▶ **What is needed**
Lines from the beginning of the entries up to and including the one with "impl<S: Slots> IndexMut<usize>" must be duplicated word for word; leave out all others.

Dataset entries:
^^^^^^^^^^^^^^^^

//! Comparisons, hashes, texts, writers, indexing and iteration.
ghost use Rattle.std.specs.Prelude.{◌≡◌, ◌<◌, List, length, slice_index_or, true, false, ◌+◌, ◌≤◌, ◌↔◌, ◌++◌, drop};
ghost use Rattle.std.specs.Prelude.{IsOk, OnOk, OnErr};
ghost use Rattle.std.specs.Borrow.{sem};
ghost use Rattle.tinyvec_array.specs.ArrayVec.{slots_of, name_of};
ghost use Rattle.tinyvec_array.specs.View.{view};
ghost use Rattle.tinyvec_array.specs.Lends.{lends_items, lends_item};
ghost use Rattle.tinyvec_slots.specs.Filling.{Iterates, IteratesMut};
ghost use Rattle.std.specs.Cmp.{on_equiv, on_total, on_po, on_per};
ghost use Rattle.std.specs.Cmp.Lexicographic.{pointwise, slice_cmp, slice_partial_cmp, lists_per, lists_equiv};
ghost use Rattle.std.specs.Cmp.Lexicographic.{lists_po, lists_total, lists_agrees, lists_ties};
ghost use Rattle.std.specs.Hash.{on_Alike, items_Alike};
ghost use Rattle.std.specs.Fmt.{DisplaysOnOk, debug_list};
ghost use Rattle.tinyvec_slots.specs.Texts.{list_in_radix};
ghost use Rattle.std.specs.Hash as fed;

use crate::parts::slot_of;
use crate::{ArrayVec, Slots};
use std::cmp::Ordering;
use std::fmt::HasDigits;
use std::hash::{Hash, Hasher};
use std::ops::{DerefSlice, DerefSliceMut, Index, IndexMut};
use std::{fmt, slice};
use tinyvec_slots::authors::{
    InBinary, InHex, InOctal, InUpperHex, Plain, cmp_slices, eq_slices, hash_items,
    partial_cmp_slices, write_items,
};

impl<S: Slots> Index<usize> for ArrayVec<S> {
    type Output = S::Item;

    ghost can_index = { λ v i. i < length (view S.Slots v).items };

    ghost index_gives = { λ v i x. x ≡ slice_index_or (view S.Slots v).items i x };

    fn index(&self, index: usize) -> &S::Item {
        &self.as_slice()[index]
    }
}

impl<S: Slots> IndexMut<usize> for ArrayVec<S> {
    fn index_mut(&mut self, index: usize) -> &mut S::Item
        requires { index < length (view S.Slots self.old).items }
        ensures* writes_back { sem 𝓛 (lends_item S.row S.Len.row S.Item.row S.Slots self.entry index result) }
        ensures value { result.now ≡ slice_index_or (view S.Slots self.old).items index result.now }
    {
        slot_of(&mut self.slots, index)
    }
}

// The item is a parameter here and below, so that its lifetime can be named.
impl<'a, T: Drop + 'a, S: Slots<Item = T>> IntoIterator for &'a ArrayVec<S> {
    type Item = &'a T;

    type IntoIter = slice::Iter<'a, T>;

    ghost into_iter_gives = { λ v it. Iterates (view S.Slots v.now).items it };

    fn into_iter(self) -> slice::Iter<'a, T> {
        self.iter()
    }
}

impl<'a, T: Drop + 'a, S: Slots<Item = T>> IntoIterator for &'a mut ArrayVec<S> {
    ghost use Rattle.tinyvec_array.specs.IterMut.{lends_iter};
    ghost use Rattle.tinyvec_array.specs.Lends.{with_items_of};

    type Item = &'a mut T;

    type IntoIter = slice::IterMut<'a, T>;

    ghost into_iter_gives = { λ v it. IteratesMut (view S.Slots v.now).items it };

    fn into_iter(self) -> slice::IterMut<'a, T>
        ensures* writes_back { sem 𝓛 (lends_iter S.row S.Len.row T.row S.Slots self.entry result) }
        ensures into_iter_gives { IteratesMut (view S.Slots self.old).items result }
        ensures keeps_len { (ws : List T)
            → length (view S.Slots (with_items_of S.Slots self.old ws)).items ≡ length (view S.Slots self.old).items }
    {
        self.iter_mut()
    }
}

impl<S: Slots> PartialEq for ArrayVec<S>
where
    S::Item: PartialEq,
{
    ghost eq = { λ v w. pointwise S.Item.eq (view S.Slots v).items (view S.Slots w).items };

    ghost laws = { on_per (λ v. (view S.Slots v).items) (lists_per S.Item.laws) };

    fn eq(&self, other: &Self) -> bool {
        eq_slices(self.as_slice(), other.as_slice())
    }
}

impl<S: Slots> Eq for ArrayVec<S>
where
    S::Item: Eq,
{
    ghost laws = { on_equiv (λ v. (view S.Slots v).items) (lists_equiv S.Item.Eq.laws) };
}

impl<S: Slots> PartialOrd for ArrayVec<S>
where
    S::Item: PartialOrd,
{
    ghost partial_cmp = { λ v w. slice_partial_cmp S.Item.partial_cmp (view S.Slots v).items (view S.Slots w).items };

    ghost laws = { on_po (λ v. (view S.Slots v).items) (lists_po S.Item.PartialOrd.laws) };

    fn partial_cmp(&self, other: &Self) -> Option<Ordering> {
        partial_cmp_slices(self.as_slice(), other.as_slice())
    }
}

impl<S: Slots> Ord for ArrayVec<S>
where
    S::Item: Ord,
{
    ghost cmp = { λ v w. slice_cmp S.Item.cmp (view S.Slots v).items (view S.Slots w).items };

    ghost total = { on_total (λ v. (view S.Slots v).items) (lists_total S.Item.total) };

    ghost matches_partial_cmp = { λ v w. lists_agrees S.Item.matches_partial_cmp (view S.Slots v).items
        (view S.Slots w).items };

    ghost matches_eq = { λ v w. lists_ties S.Item.cmp S.Item.matches_eq (view S.Slots v).items (view S.Slots w).items };

    fn cmp(&self, other: &Self) -> Ordering {
        cmp_slices(self.as_slice(), other.as_slice())
    }
}

impl<S: Slots> Hash for ArrayVec<S>
where
    S::Item: Hash,
{
    ghost hash_input = { λ v. fed.slice S.Item.hash_input (view S.Slots v).items };

    ghost respects_eq = { (on_Alike (λ v. (view S.Slots v).items) (items_Alike (record { fed = S.Item.respects_eq }))).fed };

    fn hash<H: Hasher>(&self, state: &mut H) {
        hash_items(self.as_slice(), state);
    }
}

impl<S: Slots> fmt::Debug for ArrayVec<S>
where
    S::Item: fmt::Debug,
{
    ghost debug_output = { λ v. debug_list S.Item.debug_output (view S.Slots v).items };

    fn fmt<W: fmt::Write>(&self, f: &mut fmt::Formatter<W>) -> fmt::Result {
        fmt::Debug::fmt(&self.as_slice(), f)
    }
}

impl<S: Slots> fmt::Display for ArrayVec<S>
where
    S::Item: fmt::Display,
{
    ghost output = { λ v. debug_list S.Item.output (view S.Slots v).items };

    fn fmt<W: fmt::Write>(&self, f: &mut fmt::Formatter<W>) -> fmt::Result {
        write_items(f, self.as_slice(), &Plain)
    }
}

impl<S: Slots> fmt::Binary for ArrayVec<S>
where
    S::Item: HasDigits + Copy,
{
    fn fmt<W: fmt::Write>(&self, f: &mut fmt::Formatter<W>) -> fmt::Result
        ensures { DisplaysOnOk W.write_str_gives f.old result
            (list_in_radix S.Item.word 2 false (view S.Slots self.now).items) f.new }
    {
        write_items(f, self.as_slice(), &InBinary)
    }
}

impl<S: Slots> fmt::Octal for ArrayVec<S>
where
    S::Item: HasDigits + Copy,
{
    fn fmt<W: fmt::Write>(&self, f: &mut fmt::Formatter<W>) -> fmt::Result
        ensures { DisplaysOnOk W.write_str_gives f.old result
            (list_in_radix S.Item.word 8 false (view S.Slots self.now).items) f.new }
    {
        write_items(f, self.as_slice(), &InOctal)
    }
}

impl<S: Slots> fmt::LowerHex for ArrayVec<S>
where
    S::Item: HasDigits + Copy,
{
    fn fmt<W: fmt::Write>(&self, f: &mut fmt::Formatter<W>) -> fmt::Result
        ensures { DisplaysOnOk W.write_str_gives f.old result
            (list_in_radix S.Item.word 16 false (view S.Slots self.now).items) f.new }
    {
        write_items(f, self.as_slice(), &InHex)
    }
}

impl<S: Slots> fmt::UpperHex for ArrayVec<S>
where
    S::Item: HasDigits + Copy,
{
    fn fmt<W: fmt::Write>(&self, f: &mut fmt::Formatter<W>) -> fmt::Result
        ensures { DisplaysOnOk W.write_str_gives f.old result
            (list_in_radix S.Item.word 16 true (view S.Slots self.now).items) f.new }
    {
        write_items(f, self.as_slice(), &InUpperHex)
    }
}

/// `write_str` appends the whole text. If it does not fit, it fails and changes nothing.
impl<S: Slots<Item = u8>> fmt::Write for ArrayVec<S> {
    ghost write_str_gives = { λ v bytes w. ((view S.Slots w).items ≡ (view S.Slots v).items ++ bytes)
        × ((view S.Slots w).spare ≡ drop (length bytes) (view S.Slots v).spare)
        × (name_of S.Slots w ≡ name_of S.Slots v) };

    fn write_str(&mut self, s: &str) -> fmt::Result
        ensures ok { IsOk result → ((view S.Slots self.new).items ≡ (view S.Slots self.old).items ++ s.now)
            × ((view S.Slots self.new).spare ≡ drop (length s.now) (view S.Slots self.old).spare)
            × (name_of S.Slots self.new ≡ name_of S.Slots self.old) }
        ensures spare { OnOk result ((view S.Slots self.new).spare ≡ drop (length s.now) (view S.Slots self.old).spare) }
        ensures variant { IsOk result
            ↔ (length (view S.Slots self.old).items + length s.now ≤ length (slots_of S.Slots self.old)) }
        ensures err { OnErr result (self.new ≡ self.old) }
        ensures slot_count { length (slots_of S.Slots self.new) ≡ length (slots_of S.Slots self.old) }
    {
        let bytes = s.as_bytes();
        if bytes.len() > self.capacity() - self.len() {
            return Err(fmt::Error);
        }
        self.extend_from_slice_copy(bytes);
        Ok(())
    }
}

impl<S: Slots> DerefSlice for ArrayVec<S> {
    type Elem = S::Item;

    ghost deref_gives = { λ v xs. xs ≡ (view S.Slots v).items };

    fn deref(&self) -> &[S::Item] {
        self.as_slice()
    }
}

impl<S: Slots> DerefSliceMut for ArrayVec<S> {
    fn deref_mut(&mut self) -> &mut [S::Item]
        ensures* writes_back { sem 𝓛 (lends_items S.row S.Len.row S.Item.row S.Slots self.entry result) }
        ensures value { result.now ≡ (view S.Slots self.old).items }
    {
        self.as_mut_slice()
    }
}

^^^^^^^^^^^^^^^^

▶ **Worked solution**
//! Comparisons, hashes, texts, writers, indexing and iteration.
ghost use Rattle.std.specs.Prelude.{◌≡◌, ◌<◌, List, length, slice_index_or, true, false, ◌+◌, ◌≤◌, ◌↔◌, ◌++◌, drop};
ghost use Rattle.std.specs.Prelude.{IsOk, OnOk, OnErr};
ghost use Rattle.std.specs.Borrow.{sem};
ghost use Rattle.tinyvec_array.specs.ArrayVec.{slots_of, name_of};
ghost use Rattle.tinyvec_array.specs.View.{view};
ghost use Rattle.tinyvec_array.specs.Lends.{lends_items, lends_item};
ghost use Rattle.tinyvec_slots.specs.Filling.{Iterates, IteratesMut};
ghost use Rattle.std.specs.Cmp.{on_equiv, on_total, on_po, on_per};
ghost use Rattle.std.specs.Cmp.Lexicographic.{pointwise, slice_cmp, slice_partial_cmp, lists_per, lists_equiv};
ghost use Rattle.std.specs.Cmp.Lexicographic.{lists_po, lists_total, lists_agrees, lists_ties};
ghost use Rattle.std.specs.Hash.{on_Alike, items_Alike};
ghost use Rattle.std.specs.Fmt.{DisplaysOnOk, debug_list};
ghost use Rattle.tinyvec_slots.specs.Texts.{list_in_radix};
ghost use Rattle.std.specs.Hash as fed;

use crate::parts::slot_of;
use crate::{ArrayVec, Slots};
use std::cmp::Ordering;
use std::fmt::HasDigits;
use std::hash::{Hash, Hasher};
use std::ops::{DerefSlice, DerefSliceMut, Index, IndexMut};
use std::{fmt, slice};
use tinyvec_slots::authors::{
    InBinary, InHex, InOctal, InUpperHex, Plain, cmp_slices, eq_slices, hash_items,
    partial_cmp_slices, write_items,
};

impl<S: Slots> Index<usize> for ArrayVec<S> {
    type Output = S::Item;

    ghost can_index = { λ v i. i < length (view S.Slots v).items };

    ghost index_gives = { λ v i x. x ≡ slice_index_or (view S.Slots v).items i x };

    fn index(&self, index: usize) -> &S::Item {
        &self.as_slice()[index]
    }
}

impl<S: Slots> IndexMut<usize> for ArrayVec<S> {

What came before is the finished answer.